I want to train and test custom document Classifier using Python Code and I found this train Processor. And I started implementing using this Documentation. But I am getting one error when I call function
train_processor_version_sample(497857003374, 'us','a530739de44a7ca6',"Version-1","gs://documentai-bucket-123/pdfs","gs://documentai-bucket-123/test")
error:
InvalidArgument Traceback (most recent call last)
Input In [22], in <cell line: 1>()
----> 1 train_processor_version_sample(497857003374, 'us','a530739de44a7ca6',"Version-1","gs://documentai-bucket-123/pdfs","gs://documentai-bucket-123/test")
Input In [17], in train_processor_version_sample(project_id, location, processor_id, processor_version_display_name, train_data_uri, test_data_uri)

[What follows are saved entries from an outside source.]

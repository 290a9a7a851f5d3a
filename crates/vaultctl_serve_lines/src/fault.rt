//! Why nothing was served.
use thiserror::Error;

/// Which of two doors nobody can listen at.
#[derive(Clone, Copy, Debug, PartialEq, Eq, Error)]
pub enum DoorFault {
    /// That of requests: the port isn't free, or isn't for this user.
    #[error("Requests")]
    Requests,
    /// That of lines: the same of its port; or no socket can be made at its path.
    #[error("Lines")]
    Lines,
}
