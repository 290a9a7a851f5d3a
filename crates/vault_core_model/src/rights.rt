//! What a caller may do.
ghost use Rattle.std.specs.Prelude.{◌≡◌, ◌≢◌, ◌≤◌, ◌<◌, ◌^◌, length, map, MatchOption};
ghost use Rattle.vault_core_model.specs.Rights.{no_rights, with_right, has, digits_number, with_digits, rights_number};
ghost use Rattle.vault_core_model.specs.declared.rights.Rights.{Rights};

use vault_base::right::Right;

/// The rights of a caller: for each right, whether the caller has it.
#[derive(Clone, Copy, Debug, PartialEq, Eq)]
pub struct Rights {
    pub admin: bool,
    pub config: bool,
    pub put: bool,
    pub retain: bool,
    pub hold: bool,
    pub get: bool,
    pub list: bool,
    pub delete: bool,
    pub delete_version: bool,
    pub run: bool,
    pub report: bool,
    pub bypass: bool,
}

impl Rights {
    /// No right at all.
    pub fn none() -> Rights
        ensures { result ≡ no_rights }
    {
        Rights {
            admin: false,
            config: false,
            put: false,
            retain: false,
            hold: false,
            get: false,
            list: false,
            delete: false,
            delete_version: false,
            run: false,
            report: false,
            bypass: false,
        }
    }

    /// These rights and one more. A right given twice counts once.
    pub fn with(self, right: Right) -> Rights
        ensures { result ≡ with_right right self }
    {
        let mut rights = self;
        match right {
            Right::Admin => rights.admin = true,
            Right::Config => rights.config = true,
            Right::Put => rights.put = true,
            Right::Retain => rights.retain = true,
            Right::Hold => rights.hold = true,
            Right::Get => rights.get = true,
            Right::List => rights.list = true,
            Right::Delete => rights.delete = true,
            Right::DeleteVersion => rights.delete_version = true,
            Right::Run => rights.run = true,
            Right::Report => rights.report = true,
            Right::Bypass => rights.bypass = true,
        }
        rights
    }

    /// Whether a right is among them.
    pub fn has(self, right: Right) -> bool
        ensures { result ≡ has self right }
    {
        match right {
            Right::Admin => self.admin,
            Right::Config => self.config,
            Right::Put => self.put,
            Right::Retain => self.retain,
            Right::Hold => self.hold,
            Right::Get => self.get,
            Right::List => self.list,
            Right::Delete => self.delete,
            Right::DeleteVersion => self.delete_version,
            Right::Run => self.run,
            Right::Report => self.report,
            Right::Bypass => self.bypass,
        }
    }

    /// Their number: a binary digit for each right, the first of `Right::ALL` being the lowest.
    #[tactic(auto, unfolding(crate::specs::Rights::rights_number))]
    pub fn number(self) -> u32
        ensures { result ≡ rights_number self }
    {
        digits_number(self, &Right::ALL)
    }

    /// The rights of that number. No rights have a number with more digits than there are rights.
    #[tactic(auto, using(crate::proofs::RightLemmas::of_number, crate::proofs::RightLemmas::is_below))]
    pub fn of_number(number: u32) -> Option<Rights>
        ensures { MatchOption result ((r : Rights) → rights_number r ≢ number) (λ r. rights_number r ≡ number) }
    {
        if number >= NUMBERS {
            return None;
        }
        Some(with_digits(&Right::ALL, number))
    }
}

/// The least number with more digits than there are rights.
const NUMBERS: u32 = 1 << Right::ALL.len();

/// The number of which each digit says whether one of these rights is held.
#[tactic(auto, using(crate::proofs::RightLemmas::fits))]
fn digits_number(held: Rights, rights: &[Right]) -> u32
    requires { length rights.now ≤ 32 }
    ensures value { result ≡ digits_number (map (has held) rights.now) }
    ensures most { result < 2 ^ length rights.now }
{
    match rights {
        [] => 0,
        [right, rest @ ..] => u32::from(held.has(*right)) + 2 * digits_number(held, rest),
    }
}

/// Those of these rights whose digit is set in the number.
fn with_digits(rights: &[Right], number: u32) -> Rights
    ensures { result ≡ with_digits rights.now number }
{
    match rights {
        [] => Rights::none(),
        [right, rest @ ..] => {
            let others = with_digits(rest, number / 2);
            if number % 2 == 1 {
                others.with(*right)
            } else {
                others
            }
        }
    }
}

52 print(operation.operation.name)
53 # Wait for operation to complete
---> 54 response = documentai.TrainProcessorVersionResponse(operation.result())
56 metadata = documentai.TrainProcessorVersionMetadata(operation.metadata)
58 print(f"New Processor Version:{response.processor_version}")
File ~/anaconda3/lib/python3.9/site-packages/google/api_core/future/polling.py:261, in PollingFuture.result(self, timeout, retry, polling)
256 self._blocking_poll(timeout=timeout, retry=retry, polling=polling)
258 if self._exception is not None:
259 # pylint: disable=raising-bad-type
260 # Pylint doesn't recognize that this is valid in this case.
--> 261 raise self._exception
263 return self._result
InvalidArgument: 400 Invalid dataset. See operation metadata for specific errors
I have some idea about this. It is because custom document classifier have some training dataset requiements
Training guidelines
Minimum 2 labels required in the schema
Each label exists on 10 training documents
Each label exists on 2 test documents
I don't know how to get labeled dataset url and pass two bucket directory for training and test set too using python code. Can Anyone help me on this?